*** Opening DATASET EXCERPTS ***

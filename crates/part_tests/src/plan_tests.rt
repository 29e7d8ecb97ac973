// What events need, and their plans, of a program with clauses at once and later, an own name, and definitions that one event
// needs and another doesn't.
use crate::helpers::checked;
use causality::Checked;
use event_needs::{marks, named};
use std::alloc::Global;
use std::test::Fail;
use two_phase::{Assign, plan};

// Definitions 0 to 6: `level` reads `half`, which reads `count`, and no expression of Tick names `unused`.
const TWO_EVENTS: &str =
    "event Tick = T0 priority 1; event Push = INT priority 2; let knob : u8 = input PORTB; let level : u8 = half + 1; let half : u8 = count / 2; let count : u8 = init 0 in { Tick => count + 1; }; let sum : u8 = init 0 in { Push => sum + knob later; }; let unused : u8 = knob + 1; let last : u8 = init 0 in { Tick => last + level later; Push => unused; }; output PORTC = sum;";

// By each definition's number, whether the event needs it, and whether it is named in what the event needs.
fn has_needs(
    alloc: Global,
    c: &Checked,
    event: u8,
    needed: &[bool],
    its_named: &[bool],
) -> Result<bool, Fail> {
    if event as usize >= c.typed().program().events.len() {
        return Ok(false);
    }
    let is_needed = marks(alloc, c, event)?.as_slice() == needed;
    Ok(is_needed && named(alloc, c, event)?.as_slice() == its_named)
}

fn has_plan(
    alloc: Global,
    c: &Checked,
    event: u8,
    work: &[Assign],
    commit: &[u8],
) -> Result<bool, Fail> {
    if event as usize >= c.typed().program().events.len() {
        return Ok(false);
    }
    let found = plan(alloc, c, event)?;
    Ok(found.work.as_slice() == work && found.commit.as_slice() == commit)
}

fn value(decl: u8) -> Assign {
    Assign { decl, next: false }
}

fn state(decl: u8) -> Assign {
    Assign { decl, next: true }
}

#[test]
fn needs_and_plans_of_two_events(rt: HostRuntime) -> Result<(), Fail> {
    let alloc = rt.alloc();
    let c = checked(alloc, TWO_EVENTS)?;
    let needed = [false, true, true, false, false, false, false];
    let its_named = [false, true, true, true, true, false, true];
    assert!(rt; has_needs(alloc, &c, 0, &needed, &its_named)?);
    let needed = [false, false, false, false, false, true, false];
    let its_named = [true, false, false, false, true, true, false];
    assert!(rt; has_needs(alloc, &c, 1, &needed, &its_named)?);
    let work = [value(3), value(2), value(1), state(6)];
    assert!(rt; has_plan(alloc, &c, 0, &work, &[3, 6])?);
    let work = [value(5), value(6), state(4)];
    assert!(rt; has_plan(alloc, &c, 1, &work, &[4, 6])?);
    Ok(())
}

*** Closing DATASET EXCERPTS ***

TASK PROMPT:
Counting every line that holds the string "next", give the total for the data above and nothing else.

SOLUTION TO THIS TASK:
2